O clima de incerteza que ronda a economia americana - sem que o mercado financeiro saiba ao certo quando os juros vão começar a cair ou se os Estados Unidos vão conseguir controlar a inflação sem entrar em recessão - facilita a proliferação de apostas em ativos de longo prazo fora do circuito tradicional de ações ou de títulos do Tesouro.
Nesse contexto, três famosos investidores - Danny Moses, Porter Collins e Vincent Daniel -, citados pela imprensa americana nos últimos dias, reforçaram a aposta no ouro, tradicional ativo de segurança em tempos de incerteza.
O argumento deles, porém, chamou a atenção: o aumento exponencial da dívida pública americana tende a resultar numa grande desvalorização dos títulos do Tesouro e do dólar. A dívida pública atingiu um recorde de US$ 35 trilhões este ano, segundo dados do Tesouro dos EUA.
Os investidores são conhecidos como “Big Short”, numa referência ao título original em inglês do filme “A Grande Aposta” - que conta a história de gestores de fundos que ganharam muito dinheiro ao preverem a crise imobiliária do subprime de 2008. Moses, Collins e Daniel foram retratados no longa, assim como Michael Burry, que inspirou o personagem principal e que também já vinha investindo em ouro em 2024.
“Essa aposta no ouro se deve em grande parte ao aumento do endividamento americano”, disse Collins à rede americana CNBC. Ele e Daniel – cofundadores da Seawolf Capital - disseram em carta anual aos acionistas que há quatro anos estão investindo em ouro e metais preciosos como ativos.
Vários economistas vêm advertindo que o aumento dos níveis da dívida tende a impactar os compradores dos títulos do Tesouro de longo prazo. Isso porque o endividamento público deve levar a uma queda do valor desses papéis, o que poderia alimentar a inflação e prejudicar o valor do dólar.
Enquanto os juros mantêm-se em alta nos EUA, o dólar segue valorizado. A aposta no ouro, portanto, leva em conta esses dois cenários – queda no valor dos títulos do Tesouro e também da moeda, principalmente após o início do ciclo de queda de juros pelo Federal Reserve, o banco central dos EUA.

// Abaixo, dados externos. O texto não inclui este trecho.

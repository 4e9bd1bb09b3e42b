ghost use Rattle.std.specs.Prelude.{◌≡◌, ◌+◌, IfOk};
ghost use Rattle.hol_terms.specs.Weights.{ty_nodes as nodes_of_ty, konst_nodes as nodes_of_konst, nodes as nodes_of};

use crate::{Konst, Term, Ty};
use text_kit::NoMemory;

/// The deepest tree of a type or a term that is walked. Walks, drops and comparisons recurse once a level, and the
/// stack holds more than twice as many.
pub const DEEPEST: u32 = 20_000;

fn joined(left: u64, right: u64) -> Result<u64, NoMemory>
    ensures { IfOk result (λ n. n ≡ left + right + 1) }
{
    match left.checked_add(right) {
        Some(both) => more(both),
        None => Err(NoMemory),
    }
}

fn more(below: u64) -> Result<u64, NoMemory>
    ensures { IfOk result (λ n. n ≡ below + 1) }
{
    match below.checked_add(1) {
        Some(all) => Ok(all),
        None => Err(NoMemory),
    }
}

/// What is left of a bound behind one node, or want of memory where nothing is.
fn behind_one(most: u64) -> Result<u64, NoMemory> {
    match most.checked_sub(1) {
        Some(rest) => Ok(rest),
        None => Err(NoMemory),
    }
}

fn a_level_down(levels: u32) -> Result<u32, NoMemory> {
    match levels.checked_sub(1) {
        Some(rest) => Ok(rest),
        None => Err(NoMemory),
    }
}

fn ty_nodes(a: &Ty, most: u64, levels: u32) -> Result<u64, NoMemory>
    ensures { IfOk result (λ n. n ≡ nodes_of_ty a.now) }
{
    let rest = behind_one(most)?;
    let below = a_level_down(levels)?;
    match a {
        Ty::Base(_) => Ok(1),
        Ty::Arrow(from, to) => {
            let left = ty_nodes(from.get(), rest, below)?;
            let right = ty_nodes(to.get(), rest.saturating_sub(left), below)?;
            joined(left, right)
        }
    }
}

fn konst_nodes(table: &[Ty], k: &Konst, most: u64, levels: u32) -> Result<u64, NoMemory>
    ensures { IfOk result (λ n. n ≡ nodes_of_konst table.now k.now) }
{
    match k {
        Konst::Named(place) => match table.get(*place as usize) {
            Some(a) => more(ty_nodes(a, most, levels)?),
            None => Ok(1),
        },
        Konst::Eq(a) | Konst::All(a) | Konst::Ex(a) | Konst::Eps(a) => {
            more(ty_nodes(a, most, levels)?)
        }
        _ => Ok(1),
    }
}

fn nodes_at(table: &[Ty], t: &Term, most: u64, levels: u32) -> Result<u64, NoMemory>
    ensures { IfOk result (λ n. n ≡ nodes_of table.now t.now) }
{
    let rest = behind_one(most)?;
    let below = a_level_down(levels)?;
    match t {
        Term::Bound(_) => Ok(1),
        Term::Free(_, a) => more(ty_nodes(a, rest, below)?),
        Term::Con(k) => konst_nodes(table, k, rest, below),
        Term::App(f, x) => {
            let left = nodes_at(table, f.get(), rest, below)?;
            let right = nodes_at(table, x.get(), rest.saturating_sub(left), below)?;
            joined(left, right)
        }
        Term::Lam(a, b) => {
            let left = ty_nodes(a, rest, below)?;
            let right = nodes_at(table, b.get(), rest.saturating_sub(left), below)?;
            joined(left, right)
        }
    }
}

/// The nodes of a type as a tree. Want of memory is the answer where they are more than `most`, or where the tree is
/// deeper than `DEEPEST`.
pub fn type_nodes(a: &Ty, most: u64) -> Result<u64, NoMemory>
    ensures { IfOk result (λ n. n ≡ nodes_of_ty a.now) }
{
    ty_nodes(a, most, DEEPEST)
}

/// The nodes of a term as a tree, the types in it counted, and for each named constant the type that the table has
/// of it.
///
/// Want of memory is the answer where they are more than `most`, or where the tree is deeper than `DEEPEST`; then
/// about `most` nodes were looked at.
pub fn nodes(table: &[Ty], t: &Term, most: u64) -> Result<u64, NoMemory>
    ensures { IfOk result (λ n. n ≡ nodes_of table.now t.now) }
{
    nodes_at(table, t, most, DEEPEST)
}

"Pense naquele dólar que você tem na carteira”, afirmou Collins, referindo-se ao ritmo de endividamento “elevado demais” do governo americano. “Amanhã vale o quê?" Segundo ele, o ouro teve um desempenho superior ao dos títulos do Tesouro dos EUA em "qualquer período" da história.

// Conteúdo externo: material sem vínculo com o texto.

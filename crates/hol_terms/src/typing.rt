ghost use Rattle.std.specs.Prelude.{◌≡◌, IfOk, slice_get, Some, None};
ghost use Rattle.std.specs.Option.{option_copied};
ghost use Rattle.hol_terms.specs.Types.{ty_fits, bool_ty, function_ty};
ghost use Rattle.hol_terms.specs.Typing.{type_in, type_of_term, konst_type, applied, under, checked, fitting, Answers};
ghost use Rattle.hol_terms.specs.inner.Binders.{binder_types};

use crate::ty::arrow;
use crate::{Konst, Sig, Term, Ty, TypeFault, copy_ty, same_ty};
use std::alloc::Global;
use text_kit::{NoMemory, Rows};

/// The types of the binders around a place, the innermost first: a chain on the stack, which takes no room on
/// the heap.
#[derive(Clone, Copy)]
pub enum Binders<'a> {
    Outside,
    Under(&'a Ty, &'a Binders<'a>),
}

fn nth<'a>(binders: &Binders<'a>, i: u64) -> Option<&'a Ty>
    ensures { option_copied result ≡ slice_get (binder_types binders.now) i }
{
    match binders {
        Binders::Outside => None,
        Binders::Under(a, rest) => { if i == 0 { Some(*a) } else { nth(*rest, i - 1) } }
    }
}

/// Whether every base type of `t` is below `types`. It takes no memory.
pub fn fits(types: u32, t: &Ty) -> bool
    ensures { result ≡ ty_fits types t.now }
{
    match t {
        Ty::Base(a) => *a < types,
        Ty::Arrow(a, b) => fits(types, a.get()) && fits(types, b.get()),
    }
}

fn checked_ty(types: u32, a: &Ty) -> Result<Ty, TypeFault>
    ensures { Answers (checked types a.now a.now) result }
{
    if fits(types, a) {
        Ok(copy_ty(a)?)
    } else {
        Err(TypeFault::IllTyped)
    }
}

fn bound_ty(binders: &Binders, i: u64) -> Result<Ty, TypeFault>
    ensures { Answers (slice_get (binder_types binders.now) i) result }
{
    match nth(binders, i) {
        Some(a) => Ok(copy_ty(a)?),
        None => Err(TypeFault::IllTyped),
    }
}

fn place_ty(types: u32, table: &Rows<Ty>, at: u64) -> Result<Ty, TypeFault>
    ensures { Answers (fitting types (slice_get table.now at)) result }
{
    match table.get(at as usize) {
        Some(a) => checked_ty(types, a),
        None => Err(TypeFault::IllTyped),
    }
}

/// The type of what a function of type `head` gives for an argument of type `arg`.
fn apply(head: &Ty, arg: &Ty) -> Result<Ty, TypeFault>
    ensures { Answers (applied (Some head.now) (Some arg.now)) result }
{
    match head {
        Ty::Base(_) => Err(TypeFault::IllTyped),
        Ty::Arrow(from, to) => {
            if same_ty(from.get(), arg) {
                Ok(copy_ty(to.get())?)
            } else {
                Err(TypeFault::IllTyped)
            }
        }
    }
}

fn lambda_ty(alloc: Global, types: u32, from: &Ty, to: Ty) -> Result<Ty, TypeFault>
    ensures { Answers (under types from.now (Some to)) result }
{
    if fits(types, from) {
        Ok(arrow(alloc, copy_ty(from)?, to)?)
    } else {
        Err(TypeFault::IllTyped)
    }
}

fn binary(alloc: Global) -> Result<Ty, NoMemory>
    ensures { IfOk result (λ t. t ≡ function_ty bool_ty (function_ty bool_ty bool_ty)) }
{
    let inner = arrow(alloc, Ty::Base(0), Ty::Base(0))?;
    arrow(alloc, Ty::Base(0), inner)
}

/// `a -> bool`
fn predicate(alloc: Global, a: &Ty) -> Result<Ty, NoMemory>
    ensures { IfOk result (λ t. t ≡ function_ty a.now bool_ty) }
{
    let from = copy_ty(a)?;
    arrow(alloc, from, Ty::Base(0))
}

fn equality(alloc: Global, types: u32, a: &Ty) -> Result<Ty, TypeFault>
    ensures { Answers (checked types a.now (function_ty a.now (function_ty a.now bool_ty))) result }
{
    if !fits(types, a) {
        return Err(TypeFault::IllTyped);
    }
    let inner = predicate(alloc, a)?;
    Ok(arrow(alloc, copy_ty(a)?, inner)?)
}

fn quantifier(alloc: Global, types: u32, a: &Ty) -> Result<Ty, TypeFault>
    ensures { Answers (checked types a.now (function_ty (function_ty a.now bool_ty) bool_ty)) result }
{
    if !fits(types, a) {
        return Err(TypeFault::IllTyped);
    }
    let inner = predicate(alloc, a)?;
    Ok(arrow(alloc, inner, Ty::Base(0))?)
}

fn choice(alloc: Global, types: u32, a: &Ty) -> Result<Ty, TypeFault>
    ensures { Answers (checked types a.now (function_ty (function_ty a.now bool_ty) a.now)) result }
{
    if !fits(types, a) {
        return Err(TypeFault::IllTyped);
    }
    let inner = predicate(alloc, a)?;
    Ok(arrow(alloc, inner, copy_ty(a)?)?)
}

fn konst_ty(alloc: Global, sig: &Sig, k: &Konst) -> Result<Ty, TypeFault>
    ensures { Answers (konst_type sig.now k.now) result }
{
    match k {
        Konst::Named(n) => place_ty(sig.types, &sig.consts, *n as u64),
        Konst::Aux(n) => place_ty(sig.types, &sig.aux, *n),
        Konst::True => Ok(Ty::Base(0)),
        Konst::False => Ok(Ty::Base(0)),
        Konst::Not => Ok(arrow(alloc, Ty::Base(0), Ty::Base(0))?),
        Konst::And => Ok(binary(alloc)?),
        Konst::Or => Ok(binary(alloc)?),
        Konst::Imp => Ok(binary(alloc)?),
        Konst::Eq(a) => equality(alloc, sig.types, a),
        Konst::All(a) => quantifier(alloc, sig.types, a),
        Konst::Ex(a) => quantifier(alloc, sig.types, a),
        Konst::Eps(a) => choice(alloc, sig.types, a),
    }
}

fn type_under(alloc: Global, sig: &Sig, t: &Term, binders: &Binders) -> Result<Ty, TypeFault>
    ensures { Answers (type_in sig.now t.now (binder_types binders.now)) result }
{
    match t {
        Term::Bound(i) => bound_ty(binders, *i),
        Term::Free(_, a) => checked_ty(sig.types, a),
        Term::Con(k) => konst_ty(alloc, sig, k),
        Term::App(f, x) => {
            let head = type_under(alloc, sig, f.get(), &*binders)?;
            let arg = type_under(alloc, sig, x.get(), &*binders)?;
            apply(&head, &arg)
        }
        Term::Lam(a, b) => {
            let to = type_under(alloc, sig, b.get(), &Binders::Under(&*a, &*binders))?;
            lambda_ty(alloc, sig.types, a, to)
        }
    }
}

/// The type of a term.
///
/// `IllTyped` comes exactly where the term has a loose index, an unknown constant, a base type that the
/// signature doesn't have, or an application that doesn't fit.
pub fn type_of(alloc: Global, sig: &Sig, t: &Term) -> Result<Ty, TypeFault>
    ensures { Answers (type_of_term sig.now t.now) result }
{
    type_under(alloc, sig, t, &Binders::Outside)
}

“Simplesmente não creio que os americanos tenham ouro suficiente em seu portfólio”, advertiu Collins. “Esse comércio, que temos há muito tempo, acho que continua: em 1, 2, 3, 5, a 10 anos, você vai ganhar muito dinheiro – mais dinheiro em ouro do que você faria no títulos de Tesouro dos EUA."
O preço do ouro, de fato, subiu mais de 16% este ano, com a onça chegando a estabelecer um novo recorde, cotada a US$ 2.465 este mês. O S&P 500, principal índice do mercado acionário, subiu 15,2% em 2024.
Moses, outro investidor “Big Short” e fundador da Moses Ventures, também admitiu uma aposta “grande e longa” no Sprott Physical Gold Trust (PHYS), fundo fechado que subiu mais de 15% este ano, acompanhando a valorização do ativo.
Uma característica do PHYS é que os investidores têm o direito de resgatar suas unidades por metais físicos mensalmente, desde que cumpram o valor mínimo de resgate.
Ouro e ações chinesas
Michael Burry, o investidor “Big Short” mais famoso, também apostou no ouro este ano. Assim como Moses, o investidor comprou 440.729 ações da PHYS, avaliadas em US$ 7,6 milhões no final do primeiro trimestre, tornando-a a quinta maior posição em seu portfólio.
O site oficial do fundo fechado afirma que Burry detém “substancialmente todos os seus ativos em barras de ouro físicas”. Ao longo do primeiro semestre, ele também diversificou seu portfólio, transferindo investimentos dos EUA para ações de tecnologia chinesas.
De acordo com um documento apresentado à Securities and Exchange Commission (SEC), a empresa Scion Asset Management, de Burry, vendeu participações na Amazon e Alphabet e aumentou suas participações nas empresas chinesas JD e Alibaba.
No ano passado, Burry arranhou sua imagem de investidor de sucesso ao apostar contra os índices S&P 500 e Nasdaq 10, montando uma posição vendida de US$ 1,6 bilhão, o equivalente a 93% do seu portfólio.
Burry liquidou sua aposta em novembro, ao se desfazer dessas posições e registrar uma perda de 40% (cerca de US$ 640 milhões), dado que os dois índices das bolsas de valores americanas não tiveram a queda projetada por ele.